→ Exercise details
Only the lines below between the ones containing "filename crates/labels/src/parsing.rt" and "if character == '\\'", inclusive, are to be reproduced, each exactly as it stands.

Stored data entries:
Content starts
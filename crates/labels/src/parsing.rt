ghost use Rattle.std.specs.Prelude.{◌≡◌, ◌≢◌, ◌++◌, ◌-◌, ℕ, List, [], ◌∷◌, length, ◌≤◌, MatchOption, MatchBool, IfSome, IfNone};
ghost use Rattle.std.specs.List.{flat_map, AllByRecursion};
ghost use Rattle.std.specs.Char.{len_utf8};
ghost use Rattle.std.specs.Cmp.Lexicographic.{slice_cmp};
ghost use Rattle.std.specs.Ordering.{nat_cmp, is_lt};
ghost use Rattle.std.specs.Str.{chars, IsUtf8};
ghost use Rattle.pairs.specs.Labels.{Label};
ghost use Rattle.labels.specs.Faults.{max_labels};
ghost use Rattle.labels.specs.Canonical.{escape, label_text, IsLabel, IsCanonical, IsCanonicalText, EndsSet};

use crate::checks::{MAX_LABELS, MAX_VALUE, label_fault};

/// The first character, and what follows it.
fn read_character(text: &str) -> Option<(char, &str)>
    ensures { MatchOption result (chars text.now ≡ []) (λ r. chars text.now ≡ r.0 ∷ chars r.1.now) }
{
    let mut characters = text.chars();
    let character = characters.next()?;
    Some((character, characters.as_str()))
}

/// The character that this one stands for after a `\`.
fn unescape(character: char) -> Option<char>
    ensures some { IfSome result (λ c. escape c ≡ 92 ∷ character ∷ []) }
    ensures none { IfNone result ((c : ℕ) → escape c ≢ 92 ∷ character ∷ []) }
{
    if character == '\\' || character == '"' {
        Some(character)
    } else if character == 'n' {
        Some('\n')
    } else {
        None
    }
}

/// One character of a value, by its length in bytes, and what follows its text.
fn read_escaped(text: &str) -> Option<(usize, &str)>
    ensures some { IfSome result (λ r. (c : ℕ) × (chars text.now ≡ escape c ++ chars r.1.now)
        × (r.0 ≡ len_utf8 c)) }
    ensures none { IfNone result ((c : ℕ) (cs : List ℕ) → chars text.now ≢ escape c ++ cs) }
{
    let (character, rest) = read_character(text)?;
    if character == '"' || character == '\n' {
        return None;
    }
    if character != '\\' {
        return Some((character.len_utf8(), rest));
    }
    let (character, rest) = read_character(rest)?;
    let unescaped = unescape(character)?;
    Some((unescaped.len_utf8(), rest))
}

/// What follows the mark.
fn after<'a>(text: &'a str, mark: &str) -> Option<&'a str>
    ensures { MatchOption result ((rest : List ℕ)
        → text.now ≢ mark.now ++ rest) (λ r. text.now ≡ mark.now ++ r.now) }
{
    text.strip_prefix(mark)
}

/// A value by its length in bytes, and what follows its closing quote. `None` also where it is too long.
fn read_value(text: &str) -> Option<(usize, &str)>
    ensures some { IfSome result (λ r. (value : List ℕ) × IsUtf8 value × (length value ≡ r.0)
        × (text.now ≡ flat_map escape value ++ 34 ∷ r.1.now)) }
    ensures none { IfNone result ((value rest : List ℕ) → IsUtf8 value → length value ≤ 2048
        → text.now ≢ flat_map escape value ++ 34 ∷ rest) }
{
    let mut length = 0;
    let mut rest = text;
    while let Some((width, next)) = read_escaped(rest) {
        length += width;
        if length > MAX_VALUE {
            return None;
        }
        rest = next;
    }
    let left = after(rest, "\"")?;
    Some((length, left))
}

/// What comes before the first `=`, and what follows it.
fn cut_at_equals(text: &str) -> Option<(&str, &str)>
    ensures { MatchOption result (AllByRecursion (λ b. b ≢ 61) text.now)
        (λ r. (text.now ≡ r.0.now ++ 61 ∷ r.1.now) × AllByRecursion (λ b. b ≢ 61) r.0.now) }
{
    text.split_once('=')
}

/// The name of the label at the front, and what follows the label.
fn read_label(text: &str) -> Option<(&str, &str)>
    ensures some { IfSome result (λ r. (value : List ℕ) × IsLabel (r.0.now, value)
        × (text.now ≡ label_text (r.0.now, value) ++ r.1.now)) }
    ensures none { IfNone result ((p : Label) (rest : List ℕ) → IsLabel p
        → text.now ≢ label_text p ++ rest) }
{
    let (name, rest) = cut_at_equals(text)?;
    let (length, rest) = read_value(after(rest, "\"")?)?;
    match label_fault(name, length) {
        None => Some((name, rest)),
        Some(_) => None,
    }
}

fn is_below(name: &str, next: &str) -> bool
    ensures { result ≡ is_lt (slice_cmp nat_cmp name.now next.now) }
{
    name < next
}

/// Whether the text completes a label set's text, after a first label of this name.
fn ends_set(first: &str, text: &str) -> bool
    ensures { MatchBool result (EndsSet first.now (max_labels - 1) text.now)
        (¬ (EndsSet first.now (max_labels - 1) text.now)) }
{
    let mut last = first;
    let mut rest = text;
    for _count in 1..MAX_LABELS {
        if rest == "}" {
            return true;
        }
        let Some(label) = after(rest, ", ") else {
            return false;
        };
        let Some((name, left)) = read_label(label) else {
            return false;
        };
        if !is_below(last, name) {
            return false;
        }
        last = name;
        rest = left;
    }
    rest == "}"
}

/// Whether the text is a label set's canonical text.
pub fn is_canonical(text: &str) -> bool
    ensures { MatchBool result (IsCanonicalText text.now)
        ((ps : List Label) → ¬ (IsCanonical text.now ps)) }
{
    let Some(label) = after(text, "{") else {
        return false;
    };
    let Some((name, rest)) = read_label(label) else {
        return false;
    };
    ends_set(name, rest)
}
Content ends
Content starts
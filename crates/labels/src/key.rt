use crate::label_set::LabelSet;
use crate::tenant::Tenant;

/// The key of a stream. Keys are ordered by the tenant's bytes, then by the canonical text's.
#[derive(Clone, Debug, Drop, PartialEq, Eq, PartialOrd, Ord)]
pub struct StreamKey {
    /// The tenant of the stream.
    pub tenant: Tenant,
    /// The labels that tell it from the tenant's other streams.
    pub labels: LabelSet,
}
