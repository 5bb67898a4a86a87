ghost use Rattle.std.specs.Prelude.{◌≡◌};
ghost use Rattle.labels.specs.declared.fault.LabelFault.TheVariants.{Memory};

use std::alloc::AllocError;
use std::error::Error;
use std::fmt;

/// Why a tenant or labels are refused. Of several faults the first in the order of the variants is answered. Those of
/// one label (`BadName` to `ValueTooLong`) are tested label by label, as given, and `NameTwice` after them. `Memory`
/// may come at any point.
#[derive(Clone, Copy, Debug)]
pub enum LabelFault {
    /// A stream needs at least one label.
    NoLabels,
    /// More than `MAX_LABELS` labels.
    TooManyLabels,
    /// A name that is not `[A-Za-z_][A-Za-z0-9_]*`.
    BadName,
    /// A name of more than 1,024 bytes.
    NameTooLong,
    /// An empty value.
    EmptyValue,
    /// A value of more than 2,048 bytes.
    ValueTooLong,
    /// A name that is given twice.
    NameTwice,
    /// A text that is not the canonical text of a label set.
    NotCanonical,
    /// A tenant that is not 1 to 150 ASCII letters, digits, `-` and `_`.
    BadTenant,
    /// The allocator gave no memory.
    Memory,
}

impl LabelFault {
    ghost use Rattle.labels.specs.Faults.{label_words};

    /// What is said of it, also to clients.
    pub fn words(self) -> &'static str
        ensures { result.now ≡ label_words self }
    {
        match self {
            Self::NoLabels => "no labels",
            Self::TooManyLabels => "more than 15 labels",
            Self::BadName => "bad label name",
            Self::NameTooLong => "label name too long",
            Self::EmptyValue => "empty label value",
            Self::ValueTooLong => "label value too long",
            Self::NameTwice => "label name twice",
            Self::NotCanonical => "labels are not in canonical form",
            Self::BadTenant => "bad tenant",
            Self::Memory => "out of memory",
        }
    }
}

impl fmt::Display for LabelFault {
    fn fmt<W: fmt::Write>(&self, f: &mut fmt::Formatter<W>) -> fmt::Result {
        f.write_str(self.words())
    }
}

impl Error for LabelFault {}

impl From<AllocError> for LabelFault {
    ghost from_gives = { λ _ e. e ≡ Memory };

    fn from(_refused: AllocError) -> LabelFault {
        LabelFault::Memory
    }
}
Content ends
→ Solved problem
filename crates/labels/src/parsing.rt
ghost use Rattle.std.specs.Prelude.{◌≡◌, ◌≢◌, ◌++◌, ◌-◌, ℕ, List, [], ◌∷◌, length, ◌≤◌, MatchOption, MatchBool, IfSome, IfNone};
ghost use Rattle.std.specs.List.{flat_map, AllByRecursion};
ghost use Rattle.std.specs.Char.{len_utf8};
ghost use Rattle.std.specs.Cmp.Lexicographic.{slice_cmp};
ghost use Rattle.std.specs.Ordering.{nat_cmp, is_lt};
ghost use Rattle.std.specs.Str.{chars, IsUtf8};
ghost use Rattle.pairs.specs.Labels.{Label};
ghost use Rattle.labels.specs.Faults.{max_labels};
ghost use Rattle.labels.specs.Canonical.{escape, label_text, IsLabel, IsCanonical, IsCanonicalText, EndsSet};

use crate::checks::{MAX_LABELS, MAX_VALUE, label_fault};

/// The first character, and what follows it.
fn read_character(text: &str) -> Option<(char, &str)>
    ensures { MatchOption result (chars text.now ≡ []) (λ r. chars text.now ≡ r.0 ∷ chars r.1.now) }
{
    let mut characters = text.chars();
    let character = characters.next()?;
    Some((character, characters.as_str()))
}

/// The character that this one stands for after a `\`.
fn unescape(character: char) -> Option<char>
    ensures some { IfSome result (λ c. escape c ≡ 92 ∷ character ∷ []) }
    ensures none { IfNone result ((c : ℕ) → escape c ≢ 92 ∷ character ∷ []) }
{
    if character == '\\' || character == '"' {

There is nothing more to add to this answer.